I was getting random AD plugin connection issues after joining to Active Directory. dsconfigad showed no errors, but sometimes I would not get a connection and I would have to rejoin. The problem turned out to be related to replication.

The AD plugin initially has no knowledge of which AD site and domain controllers are considered local to your subnet, so it discovers any domain controllers and contacts one to lookup the site information. During this process, and in general, the AD Plugin keeps an LDAP connection open to the domain controller. The AD plugin likes to reuse these LDAP connections, presumably for performance reasons. When it is time to actually add the computer to the domain, the AD Plugin reuses this existing connection. The problem is that this domain controller is not necessarily one within your AD site.

At this point, if the Mac is restarted or DirectoryService is killed, any new connections will be made to a DC in the subnet’s AD site, but if your computer was added to a non-local DC, the local DCs may have no knowledge of your computer because the computer account has not yet replicated to them.

This problem can appear to be quite random because sometimes you’ll get lucky and get a local DC for the join, or you might catch the replication at the right time. You might also see bad password errors in the DirectoryService debug logs. I have filed a bug report on this, and I don’t have a good workaround for now other than — don’t reboot or restart DirectoryService after a join.
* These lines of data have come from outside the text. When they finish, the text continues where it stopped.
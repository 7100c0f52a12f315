//! Worked examples, as contracts of a function that does nothing.

ghost use Rattle.dft_configure_laws.specs.Examples.{MovesOfEight, PhasesOfEight, RingOfEight, RunsOfEight};

/// The ring of eight stages: its taps, and its injectors for one channel and for two, and no others. It has the polynomial, and one bit is back
/// after 255 cycles and not before. What a phase set becomes in a cycle, and the phase sets of one chain and of two, and no others.
pub fn worked_ring()
    ensures ring { RingOfEight }
    ensures runs { RunsOfEight }
    ensures moves { MovesOfEight }
    ensures phases { PhasesOfEight }
{}
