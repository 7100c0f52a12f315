//! The cubes of a generated job.

ghost use Rattle.std.specs.Prelude.{◌≡◌, ◌<◌, ◌≤◌, ◌+◌, ◌*◌, ◌/◌, ◌++◌, IfOk, OnOk, length};
ghost use Rattle.dft_generate.specs.Cubes as form;

use crate::numbers::add_numbered;
use std::alloc::{AllocError, Global};

// Whether one of these words names the cell.
fn is_named(size: usize, before: &[u32], cell: usize) -> bool
    requires { 0 < size }
    ensures { result ≡ form.is_named size before.now cell }
{
    for word in before {
        if *word as usize % size == cell {
            return true;
        }
    }
    false
}

// Adds the line of a care bit.
#[tactic(auto, unfolding(crate::specs::Cubes::bit_line))]
fn add_bit(out: &mut Vec<u8>, size: usize, word: u32) -> Result<(), AllocError>
    requires { 0 < size }
    ensures { OnOk result (out.new.items ≡ out.old.items ++ form.bit_line size word) }
{
    add_numbered(out, b"cell f", word as usize % size)?;
    add_numbered(out, b" ", (word >> 31) as usize)?;
    out.extend_from_slice(b"\n")
}

// Adds the line of a care bit, where the words before name another cell each.
fn add_new_bit(out: &mut Vec<u8>, size: usize, before: &[u32], word: u32) -> Result<(), AllocError>
    requires { 0 < size }
    ensures { OnOk result (out.new.items ≡ out.old.items ++ form.new_bit_line size before.now word) }
{
    if is_named(size, before, word as usize % size) {
        return Ok(());
    }
    add_bit(out, size, word)
}

// Adds the care bits of four words.
#[tactic(auto, unfolding(crate::specs::Cubes::bit_lines))]
fn add_bits(out: &mut Vec<u8>, size: usize, words: &[u32]) -> Result<(), AllocError>
    requires some { 0 < size }
    requires four { length words.now ≡ 4 }
    ensures { OnOk result (out.new.items ≡ out.old.items ++ form.bit_lines size words.now) }
{
    add_new_bit(out, size, &words[..0], words[0])?;
    add_new_bit(out, size, &words[..1], words[1])?;
    add_new_bit(out, size, &words[..2], words[2])?;
    add_new_bit(out, size, &words[..3], words[3])
}

// Adds the first line of a cube.
#[tactic(auto, unfolding(crate::specs::Cubes::cube_line))]
fn add_cube_line(out: &mut Vec<u8>, cube: usize) -> Result<(), AllocError>
    ensures { OnOk result (out.new.items ≡ out.old.items ++ form.cube_line cube) }
{
    add_numbered(out, b"cube k", cube)?;
    add_numbered(out, b" clk", cube % 2)?;
    out.extend_from_slice(b"\n")
}

// Adds the lines of a cube.
#[tactic(auto, unfolding(crate::specs::Cubes::cube_lines))]
fn add_cube(out: &mut Vec<u8>, size: usize, words: &[u32], cube: usize) -> Result<(), AllocError>
    requires some { 0 < size }
    requires small { size ≤ 20000 }
    requires cube { cube < size / 4 }
    requires words { size * 3 + size / 4 * 4 ≤ length words.now }
    ensures { OnOk result (out.new.items ≡ out.old.items ++ form.cube_lines size words.now cube) }
{
    let start = size * 3 + cube * 4;
    add_cube_line(out, cube)?;
    add_bits(out, size, &words[start..start + 4])?;
    out.extend_from_slice(b"end\n")
}

// Adds the lines of all cubes.
fn add_cubes(out: &mut Vec<u8>, size: usize, words: &[u32]) -> Result<(), AllocError>
    requires some { 0 < size }
    requires small { size ≤ 20000 }
    requires words { size * 3 + size / 4 * 4 ≤ length words.now }
    ensures { OnOk result (out.new.items ≡ out.old.items ++ form.cubes_text size words.now) }
{
    for cube in 0..size / 4 {
        add_cube(out, size, words, cube)?;
    }
    Ok(())
}

// The cubes of a job of so many cells that these words give.
pub(crate) fn cubes(alloc: Global, size: usize, words: &[u32]) -> Result<Vec<u8>, AllocError>
    requires some { 0 < size }
    requires small { size ≤ 20000 }
    requires words { size * 3 + size / 4 * 4 ≤ length words.now }
    ensures { IfOk result (λ text. text.items ≡ form.cubes_text size words.now) }
{
    let mut out = Vec::new(alloc);
    add_cubes(&mut out, size, words)?;
    Ok(out)
}
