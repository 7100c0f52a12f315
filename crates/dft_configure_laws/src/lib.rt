//! Laws of made configurations: what their loads bring to the netlist that is made with them, and what their rings are.
#![tactic(auto)]

mod examples;
mod laws;

pub use examples::worked_ring;
pub use laws::{few_are_loaded, made_is_taken, made_loads, made_scans, moves_are_sums};
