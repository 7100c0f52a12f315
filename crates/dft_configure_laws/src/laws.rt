//! Laws of made configurations, as contracts of functions that do nothing.

ghost use Rattle.dft_configure_laws.specs.MadeLoads.{MadeIsGood, MadeLoads, NoneIsUnsolvable};
ghost use Rattle.dft_configure_laws.specs.MadeScans.{MadeScansMost};
ghost use Rattle.dft_configure_laws.specs.Moves.{ApartIsPlain, MovesAreSums};
ghost use Rattle.dft_configure_laws.specs.Pairs.{FewAreLoaded, FewAreSolvable};
ghost use Rattle.dft_configure_laws.specs.Taken.{CompilesPass, ScansPass, TextsAreTaken};

/// Where no load equation is empty and no two are the same, some channel bits load any care bits of one cell or of two into the
/// flip-flops in every run of the netlist that is made, and no cube of them is ever unsolvable.
pub fn few_are_loaded()
    ensures loaded { FewAreLoaded }
    ensures solvable { FewAreSolvable }
{}

/// So it is under every made configuration, and a compilation of any cubes never tells one of these as unsolvable.
pub fn made_loads()
    ensures good { MadeIsGood }
    ensures loaded { MadeLoads }
    ensures solvable { NoneIsUnsolvable }
{}

/// The text of a made configuration gives it, and no other, and is refused for want of memory alone. No check of a compilation of the
/// netlist before its cubes fails under it, and a scan of the netlist is refused by its insertion or its report alone.
pub fn made_is_taken()
    ensures text { TextsAreTaken }
    ensures compile { CompilesPass }
    ensures scan { ScansPass }
{}

/// Where no clock and no reset is left out for want of room, each flip-flop that any accepted configuration scans is scanned under the made
/// one.
pub fn made_scans()
    ensures { MadeScansMost }
{}

/// Without channel bits the sum over a set of stages after so many cycles is the sum over what the set has become in as many moves. Two sets are
/// apart exactly where no sum of the one is always, so few cycles later, what that of the other is now.
pub fn moves_are_sums()
    ensures sums { MovesAreSums }
    ensures apart { ApartIsPlain }
{}
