//! The configuration of a generated job.

ghost use Rattle.std.specs.Prelude.{◌≡◌, IfOk};
ghost use Rattle.dft_generate.specs.Configurations.{configuration_text};

use std::alloc::{AllocError, Global};

// The configuration, which is the same for all seeds and sizes.
#[tactic(auto, unfolding(crate::specs::Configurations::configuration_text))]
pub(crate) fn configuration(alloc: Global) -> Result<Vec<u8>, AllocError>
    ensures { IfOk result (λ text. text.items ≡ configuration_text) }
{
    let mut out = Vec::new(alloc);
    out.extend_from_slice(b"version = 1\ndomains = [\"clk0\", \"clk1\"]\n")?;
    out.extend_from_slice(b"chains = 16\nwarm = 16\nwindow = 8\nfill = \"zeros\"\n")?;
    out.extend_from_slice(b"\n[ring]\nstages = 16\nchannels = 2\n")?;
    out.extend_from_slice(b"taps = [[3, 12], [6, 9]]\ninjectors = [[0, 0], [1, 8]]\n")?;
    out.extend_from_slice(b"phase = [[0, 5, 11], [1, 6, 12], [2, 7, 13], [3, 8, 14], ")?;
    out.extend_from_slice(b"[4, 9, 15], [5, 10, 0], [6, 11, 1], [7, 12, 2], ")?;
    out.extend_from_slice(b"[8, 13, 3], [9, 14, 4], [10, 15, 5], [11, 0, 6], ")?;
    out.extend_from_slice(b"[12, 1, 7], [13, 2, 8], [14, 3, 9], [15, 4, 10]]\n")?;
    out.extend_from_slice(b"\n[compactor]\ngroups = [[0, 2, 4, 6, 8, 10, 12, 14], ")?;
    out.extend_from_slice(b"[1, 3, 5, 7, 9, 11, 13, 15]]\nmask_inputs = 2\n")?;
    Ok(out)
}
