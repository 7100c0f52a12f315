//! Generated jobs.

ghost use Rattle.std.specs.Prelude.{◌≡◌, ◌≤◌, ◌+◌, ◌*◌, ◌/◌, IfOk, length};
ghost use Rattle.dft_generate.specs.Jobs.{IsJob, IsSize};
ghost use Rattle.dft_generate.specs.Jobs as spec;
ghost use Rattle.dft_generate.specs.Words.{words_of};

use crate::configuration::configuration;
use crate::cubes::cubes;
use crate::netlist::netlist;
use dft_random::drawn;
use std::alloc::{AllocError, Global};

/// The texts of a generated job.
#[derive(Debug)]
pub struct Job {
    /// Flip-flops in two domains, each behind a gate of two flip-flops' outputs.
    pub netlist: Vec<u8>,
    /// Sixteen chains behind a ring of sixteen stages on two channels.
    pub configuration: Vec<u8>,
    /// A cube for each four flip-flops, of four care bits at most.
    pub cubes: Vec<u8>,
}

// One call for all fields, so that the proof of what owns a value stays short.
impl Drop for Job {
    fn drop(self) {
        let Job {
            netlist: _,
            configuration: _,
            cubes: _,
        } = self;
    }
}

/// Whether a job may have so many cells: 16 to 20,000.
pub fn is_size(size: usize) -> bool
    ensures { result ≡ spec.is_size size }
{
    16 <= size && size <= 20000
}

// The job of these words.
fn job_of(alloc: Global, size: usize, words: &[u32]) -> Result<Job, AllocError>
    requires size { IsSize size }
    requires words { size * 3 + size / 4 * 4 ≤ length words.now }
    ensures { IfOk result (IsJob size words.now) }
{
    Ok(Job {
        netlist: netlist(alloc, size, words)?,
        configuration: configuration(alloc)?,
        cubes: cubes(alloc, size, words)?,
    })
}

/// The job of a seed and a size: the stated texts, whose words the generator PCG XSH RR 64/32 gives with the seed for its state, on
/// stream 0.
pub fn generate(alloc: Global, seed: u64, size: usize) -> Result<Job, AllocError>
    requires { IsSize size }
    ensures { IfOk result (IsJob size (words_of seed size)) }
{
    let words = drawn(alloc, seed, 0, size * 3 + size / 4 * 4)?;
    job_of(alloc, size, &words)
}
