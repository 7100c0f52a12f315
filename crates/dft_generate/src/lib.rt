//! The generated job: a netlist, a configuration and cubes of any size, from a seed.
#![tactic(auto)]

mod configuration;
mod cubes;
mod job;
mod netlist;
mod numbers;

pub use job::{Job, generate, is_size};
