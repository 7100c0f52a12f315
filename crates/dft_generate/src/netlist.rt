//! The netlist of a generated job.

ghost use Rattle.std.specs.Prelude.{◌≡◌, ◌<◌, ◌≤◌, ◌*◌, ◌++◌, IfOk, OnOk, length};
ghost use Rattle.dft_generate.specs.Netlists as form;

use crate::numbers::add_numbered;
use std::alloc::{AllocError, Global};

// The kind of a gate, by a word.
fn kind_of(word: u32) -> &'static [u8]
    ensures { result.now ≡ form.kind_of word }
{
    if word % 4 == 0 {
        b"NAND2"
    } else if word % 4 == 1 {
        b"NOR2"
    } else if word % 4 == 2 {
        b"XOR2"
    } else {
        b"AND2"
    }
}

// Adds the line of a gate, whose kind and whose inputs these words give.
#[tactic(auto, unfolding(crate::specs::Netlists::gate_line))]
fn add_gate(
    out: &mut Vec<u8>,
    size: usize,
    cell: usize,
    kind: u32,
    first: u32,
    second: u32,
) -> Result<(), AllocError>
    requires { 0 < size }
    ensures { OnOk result (out.new.items ≡ out.old.items ++ form.gate_line size cell kind first second) }
{
    out.extend_from_slice(kind_of(kind))?;
    add_numbered(out, b" g", cell)?;
    add_numbered(out, b" (.A(q", first as usize % size)?;
    add_numbered(out, b"), .B(q", second as usize % size)?;
    add_numbered(out, b"), .Y(d", cell)?;
    out.extend_from_slice(b"));\n")
}

// Adds the line of a flip-flop.
#[tactic(auto, unfolding(crate::specs::Netlists::flop_line))]
fn add_flop(out: &mut Vec<u8>, cell: usize) -> Result<(), AllocError>
    ensures { OnOk result (out.new.items ≡ out.old.items ++ form.flop_line cell) }
{
    add_numbered(out, b"DFF f", cell)?;
    add_numbered(out, b" (.CK(clk", cell % 2)?;
    add_numbered(out, b"), .D(d", cell)?;
    add_numbered(out, b"), .Q(q", cell)?;
    out.extend_from_slice(b"));\n")
}

// Adds the lines of a cell: its gate and its flip-flop.
#[tactic(auto, unfolding(crate::specs::Netlists::cell_lines))]
fn add_cell(out: &mut Vec<u8>, size: usize, words: &[u32], cell: usize) -> Result<(), AllocError>
    requires some { 0 < size }
    requires small { size ≤ 20000 }
    requires cell { cell < size }
    requires words { size * 3 ≤ length words.now }
    ensures { OnOk result (out.new.items ≡ out.old.items ++ form.cell_lines size words.now cell) }
{
    let at = cell * 3;
    add_gate(out, size, cell, words[at], words[at + 1], words[at + 2])?;
    add_flop(out, cell)
}

// Adds the lines of all cells.
fn add_cells(out: &mut Vec<u8>, size: usize, words: &[u32]) -> Result<(), AllocError>
    requires some { 0 < size }
    requires small { size ≤ 20000 }
    requires words { size * 3 ≤ length words.now }
    ensures { OnOk result (out.new.items ≡ out.old.items ++ form.all_cells size words.now) }
{
    for cell in 0..size {
        add_cell(out, size, words, cell)?;
    }
    Ok(())
}

// The netlist of so many cells that these words give.
#[tactic(auto, unfolding(crate::specs::Netlists::netlist_text))]
pub(crate) fn netlist(alloc: Global, size: usize, words: &[u32]) -> Result<Vec<u8>, AllocError>
    requires some { 0 < size }
    requires small { size ≤ 20000 }
    requires words { size * 3 ≤ length words.now }
    ensures { IfOk result (λ text. text.items ≡ form.netlist_text size words.now) }
{
    let mut out = Vec::new(alloc);
    out.extend_from_slice(b"module gen (clk0, clk1, y);\ninput clk0, clk1;\noutput y;\n")?;
    add_cells(&mut out, size, words)?;
    out.extend_from_slice(b"assign y = q0;\nendmodule\n")?;
    Ok(out)
}
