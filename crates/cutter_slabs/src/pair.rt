ghost use Rattle.std.specs.Prelude.{◌≡◌, ◌<◌, ◌≤◌, ◌++◌, [], ◌∷◌, nat_lt, if◌then◌else◌, IfOk, OnOk};
ghost use Rattle.cutter_slabs.specs.Stacks.{inner_stack, outer_stack, slab_of};

use crate::cutter::Cutter;
use crate::{cone, profile};
use bern_form::Slab;
use std::alloc::Global;
use vf_io::NoMemory;

/// An inner and an outer stack, from the tip upwards.
#[derive(Drop)]
pub struct Pair {
    pub inner: Vec<Slab>,
    pub outer: Vec<Slab>,
}

/// The slab from `lo` to `hi` with a diameter.
fn slab_between(lo: u32, hi: u32, dia: u32) -> Slab
    requires ordered { lo ≤ hi }
    requires high { hi ≤ 300000 }
    requires wide { dia ≤ 200000 }
    ensures { result ≡ slab_of lo hi dia }
{
    Slab {
        lo: lo as i32,
        hi: hi as i32,
        dia: dia as i32,
    }
}

/// Puts a slab on a stack, where its two heights differ.
fn push_slab(stack: &mut Vec<Slab>, lo: u32, hi: u32, dia: u32) -> Result<(), NoMemory>
    requires high { hi ≤ 300000 }
    requires wide { dia ≤ 200000 }
    ensures ok { OnOk result (stack.new.items ≡ stack.old.items ++ (if nat_lt lo hi then slab_of lo hi dia ∷ [] else [])) }
{
    if lo < hi {
        stack.push(slab_between(lo, hi, dia))?;
    }
    Ok(())
}

/// The stacks of a cutter with an upright flank: the corner, up to its upper end r, is cut into at most n slabs, and one slab
/// with the full diameter reaches from there, or from the base of a cutter without a corner, to h.
#[tactic(auto, using(crate::proofs::Slabs::slabs_more))]
fn rounded(alloc: Global, cutter: &Cutter, n: u32) -> Result<Pair, NoMemory>
    requires upright { cutter.now.flank ≡ 0 }
    requires some { 1 ≤ n }
    requires few { n ≤ 256 }
    ensures inner { IfOk result (λ pair. pair.inner.items ≡ inner_stack cutter.now n) }
    ensures outer { IfOk result (λ pair. pair.outer.items ≡ outer_stack cutter.now n) }
{
    let radius = cutter.corner_radius();
    let flat = cutter.diameter() - 2 * radius;
    let mut inner = Vec::new(alloc);
    let mut outer = Vec::new(alloc);
    let mut lo = 0;
    for j in 0..n {
        let hi = profile::bound(radius, n, j + 1);
        push_slab(
            &mut inner,
            lo,
            hi,
            profile::inner_diameter(flat, radius, lo),
        )?;
        push_slab(
            &mut outer,
            lo,
            hi,
            profile::outer_diameter(flat, radius, hi),
        )?;
        lo = hi;
    }
    let top = slab_between(radius + cutter.base(), cutter.height(), cutter.diameter());
    inner.push(top)?;
    outer.push(top)?;
    Ok(Pair { inner, outer })
}

/// The stacks of a cone: it is cut into at most n slabs from the tip to h.
#[tactic(auto, using(crate::proofs::Slabs::slabs_more))]
fn conical(alloc: Global, cutter: &Cutter, n: u32) -> Result<Pair, NoMemory>
    requires leaning { 0 < cutter.now.flank }
    requires some { 1 ≤ n }
    requires few { n ≤ 256 }
    ensures inner { IfOk result (λ pair. pair.inner.items ≡ inner_stack cutter.now n) }
    ensures outer { IfOk result (λ pair. pair.outer.items ≡ outer_stack cutter.now n) }
{
    let d = cutter.diameter();
    let height = cutter.height();
    let flank = cutter.flank;
    let mut inner = Vec::new(alloc);
    let mut outer = Vec::new(alloc);
    let mut lo = 0;
    for j in 0..n {
        let hi = cone::level(height, n, j + 1);
        push_slab(&mut inner, lo, hi, cone::inner_diameter(d, flank, lo))?;
        push_slab(&mut outer, lo, hi, cone::outer_diameter(d, flank, hi))?;
        lo = hi;
    }
    Ok(Pair { inner, outer })
}

/// The stacks of a cutter for `n`.
pub fn stacks_of(alloc: Global, cutter: &Cutter, n: u32) -> Result<Pair, NoMemory>
    requires some { 1 ≤ n }
    requires few { n ≤ 256 }
    ensures inner { IfOk result (λ pair. pair.inner.items ≡ inner_stack cutter.now n) }
    ensures outer { IfOk result (λ pair. pair.outer.items ≡ outer_stack cutter.now n) }
{
    if cutter.flank == 0 {
        rounded(alloc, cutter, n)
    } else {
        conical(alloc, cutter, n)
    }
}
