ghost use Rattle.std.specs.Prelude.{◌≡◌};

use std::marker::Model;

/// A flat, bull-nose, ball or conical cutter by its diameter `d` at the tip, corner radius `r`, height `h` above the tip, flank
/// angle `flank`, in whole degrees from the axis, and `base`, the height above the tip at which it begins: 0 for each cutter of a
/// file. Where the angle is 0 it is an APT cutter whose corner touches the bottom plane and the flank; a greater angle makes a
/// cone that widens upwards. Micrometres, with 1 <= d <= 200,000, 0 <= 2r <= d, 1 <= h <= 300,000, r <= h, an angle that
/// `space::is_flank` knows, no corner under a greater angle than 0, at most 200,000 wide at the top, 0 <= base < h, and another
/// base than 0 only where radius and angle are 0.
#[derive(Clone, Copy, PartialEq, Eq)]
pub struct Cutter {
    pub d: i32,
    pub r: i32,
    pub h: i32,
    pub flank: u32,
    pub base: i32,
}

impl Model for Cutter {
    ghost use Rattle.std.specs.Prelude.{pos, ◌≤ℤ◌, unsigned_abs};
    ghost use Rattle.cutter_slabs.specs.Cutter.{CutterSize, IsCutter};
    ghost use Rattle.cutter_slabs.specs.Fields.{fields_back};

    ghost Value = { CutterSize };

    ghost view = { λ c. record {
      d = unsigned_abs c.d;
      r = unsigned_abs c.r;
      h = unsigned_abs c.h;
      flank = c.flank;
      base = unsigned_abs c.base;
    } };

    ghost invariant = { λ c. (pos 0 ≤ℤ c.d) × (pos 0 ≤ℤ c.r) × (pos 0 ≤ℤ c.h) × (pos 0 ≤ℤ c.base)
        × IsCutter record {
          d = unsigned_abs c.d;
          r = unsigned_abs c.r;
          h = unsigned_abs c.h;
          flank = c.flank;
          base = unsigned_abs c.base;
        } };

    ghost inverse = { λ c. record { d = pos c.d; r = pos c.r; h = pos c.h; flank = c.flank; base = pos c.base } };

    ghost inverse_ok = { λ c valid i.
        record {
          d = fields_back c.d valid.0 i;
          r = fields_back c.r valid.1 i;
          h = fields_back c.h valid.2 i;
          flank = c.flank;
          base = fields_back c.base valid.3 i;
        } };
}

impl Cutter {
    ghost use Rattle.cutter_slabs.specs.Cutter.{IsCutter, top_diameter};

    pub(crate) fn diameter(&self) -> u32
        ensures value { result ≡ self.now.d }
        ensures valid { IsCutter self.now }
    {
        self.d as u32
    }

    pub(crate) fn corner_radius(&self) -> u32
        ensures value { result ≡ self.now.r }
        ensures valid { IsCutter self.now }
    {
        self.r as u32
    }

    pub(crate) fn height(&self) -> u32
        ensures value { result ≡ self.now.h }
        ensures valid { IsCutter self.now }
    {
        self.h as u32
    }

    /// How high above the tip it begins.
    pub(crate) fn base(&self) -> u32
        ensures value { result ≡ self.now.base }
        ensures valid { IsCutter self.now }
    {
        self.base as u32
    }

    /// The diameter at the top.
    pub(crate) fn top_diameter(&self) -> u32
        ensures value { result ≡ top_diameter self.now }
        ensures valid { IsCutter self.now }
    {
        space::top_diameter(self.diameter(), self.height(), self.flank) as u32
    }
}
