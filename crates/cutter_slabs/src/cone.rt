ghost use Rattle.std.specs.Prelude.{◌≡◌, ◌+◌, ◌*◌, ◌<◌, ◌≤◌};
ghost use Rattle.space.specs.Flanks.{least_widening, most_widening, top_of};
ghost use Rattle.cutter_slabs.specs.Stacks.{level_of};

use space::{least_widening, top_diameter};

/// The j-th bound between the slabs of a cone: h j / n, rounded down.
pub fn level(height: u32, n: u32, j: u32) -> u32
    requires height { height ≤ 300000 }
    requires some { 0 < n }
    requires few { n ≤ 256 }
    requires within { j ≤ n }
    ensures level { result ≡ level_of height n j }
    ensures below { result ≤ height }
{
    height * j / n
}

/// The inner diameter of a slab that begins at the height z: the least that the cone can be there.
pub fn inner_diameter(d: u32, flank: u32, z: u32) -> u32
    requires small { top_of d z flank ≤ 200000 }
    ensures diameter { result ≡ d + 2 * least_widening flank z }
    ensures small { result ≤ 200000 }
{
    d + 2 * least_widening(flank, z) as u32
}

/// The outer diameter of a slab that ends at the height z: the most that the cone can be there.
pub fn outer_diameter(d: u32, flank: u32, z: u32) -> u32
    requires small { top_of d z flank ≤ 200000 }
    ensures diameter { result ≡ d + 2 * most_widening flank z }
    ensures small { result ≤ 200000 }
{
    top_diameter(d, z, flank) as u32
}
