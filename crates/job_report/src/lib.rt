//! What is reported of a job: the task, what is found of each move that is left, the answers and the totals, and when that is true.
#![tactic(auto)]

mod facts;

pub use facts::{Facts, Found};
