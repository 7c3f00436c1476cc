ghost use Rattle.std.specs.Prelude.{◌≡◌};
ghost use Rattle.job_report.specs.Answers.{is_answer_to};

use edit_plan::Ask;
use job_counts::{Answer, Counts, Totals};
use std::marker::Model;

/// Whether an answer is of its question's kind: a point's state to a probe, totals to a count.
fn is_answer_to(ask: &Ask, answer: &Answer) -> bool
    ensures { result ≡ is_answer_to ask.now answer.now }
{
    match ask {
        Ask::Probe { .. } => matches!(answer, Answer::Probe(_)),
        Ask::Count => matches!(answer, Answer::Count(_)),
    }
}

/// What was found of a move that is left: its number from 1, the line of its record, whether it is rapid, and its counts.
#[derive(Clone, Copy)]
pub struct Found {
    pub number: u32,
    pub line: u32,
    pub rapid: bool,
    pub counts: Counts,
}

/// What is reported of a job. Contracts see it as one value, its lists by their items.
#[derive(Drop)]
pub struct Facts {
    /// How many moves the program has, and how many records were passed over.
    pub moves: u32,
    pub passed: u32,
    /// The moves that are left at the last version, in order.
    pub left: Vec<Found>,
    /// What the queries asked and the answers, in order.
    pub answers: Vec<(Ask, Answer)>,
    /// The totals at the last version.
    pub totals: Totals,
}

impl Model for Facts {
    ghost use Rattle.job_report.specs.Facts.{JobFacts};

    ghost Value = { JobFacts };

    ghost view = { λ f. record {
      moves = f.moves;
      passed = f.passed;
      left = f.left.items;
      answers = f.answers.items;
      totals = f.totals;
    } };
}

impl Facts {
    ghost use Rattle.job_report.specs.Facts.{are_answered, is_clean};

    /// Whether each move that is left is safe.
    pub fn is_clean(&self) -> bool
        ensures { result ≡ is_clean self.now.left }
    {
        self.left.iter().all(|found| found.counts.is_safe())
    }

    /// Whether each answer is of its question's kind.
    pub fn is_answered(&self) -> bool
        ensures { result ≡ are_answered self.now.answers }
    {
        self.answers
            .iter()
            .all(|answered| is_answer_to(&answered.0, &answered.1))
    }
}
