ghost use Rattle.std.specs.Prelude.{◌≡◌, ◌+◌, ◌-◌, ◌*◌, ◌^◌, ◌<◌, ◌≤◌};
ghost use Rattle.bern_form.specs.Roots.{ceil_root, floor_root};
ghost use Rattle.cutter_slabs.specs.Stacks.{bound_of};

use bern_form::{isqrt_ceil, isqrt_floor};

// At the height z above the tip, z at most r, the rounded corner is sqrt(r^2 - (r - z)^2) = sqrt(2 r z - z^2) wide, and the
// profile is that far from the edge of the flat bottom. Diameters are twice that.

/// The j-th bound between the slabs of the corner: r (j / n)^2, rounded down. The bounds are closer to each other near the tip, where the
/// profile is flat.
pub fn bound(radius: u32, n: u32, j: u32) -> u32
    requires radius { radius ≤ 100000 }
    requires some { 0 < n }
    requires few { n ≤ 256 }
    requires within { j ≤ n }
    ensures bound { result ≡ bound_of radius n j }
    ensures below { result ≤ radius }
{
    let j = u64::from(j);
    let n = u64::from(n);
    (u64::from(radius) * (j * j) / (n * n)) as u32
}

/// The square of the corner's width at the height z: 2 r z - z^2.
fn corner_square(radius: u32, z: u32) -> u128
    requires radius { radius ≤ 100000 }
    requires within { z ≤ radius }
    ensures square { result ≡ 2 * radius * z - z * z }
    ensures small { result ≤ radius * radius }
{
    let z = u128::from(z);
    2 * u128::from(radius) * z - z * z
}

/// The inner diameter of a slab that begins at the height z.
pub fn inner_diameter(flat: u32, radius: u32, z: u32) -> u32
    requires flat { flat + 2 * radius ≤ 200000 }
    requires within { z ≤ radius }
    ensures diameter { result ≡ flat + 2 * floor_root (2 * radius * z - z * z) }
    ensures small { result ≤ 200000 }
{
    flat + 2 * isqrt_floor(corner_square(radius, z)) as u32
}

/// The outer diameter of a slab that ends at the height z.
pub fn outer_diameter(flat: u32, radius: u32, z: u32) -> u32
    requires flat { flat + 2 * radius ≤ 200000 }
    requires within { z ≤ radius }
    ensures diameter { result ≡ flat + 2 * ceil_root (2 * radius * z - z * z) }
    ensures small { result ≤ 200000 }
{
    flat + 2 * isqrt_ceil(corner_square(radius, z)) as u32
}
Of course if you know your replication schedules, you could just wait until you are sure replication is completed.

This same issue can present itself with unjoins and rejoins.

You can see what domain controllers you are connecting to during the join using the following shell command assuming your are joining using dsconfigad:

while [ 1 ]; do if netstat -a | grep ldap| grep ESTAB; then ps auxww | grep dsconfigad | grep -v grep; date;fi; done

If you have joined, unjoined, and rejoined and think you may be seeing replication issues, compare the whenCreated attribute of the computer account on different domain controllers using ldapsearch.

ldapsearch -LLL -v -W -x -h -D -b "OU=Computers,DC=subdomain,DC=forest,DC=com" CN=machine-join-name | grep whenCreated:

If an older out of sync computer account exists, its whenCreated date will be different from the domain controller the computer was just added to until the last join has replicated to all the servers.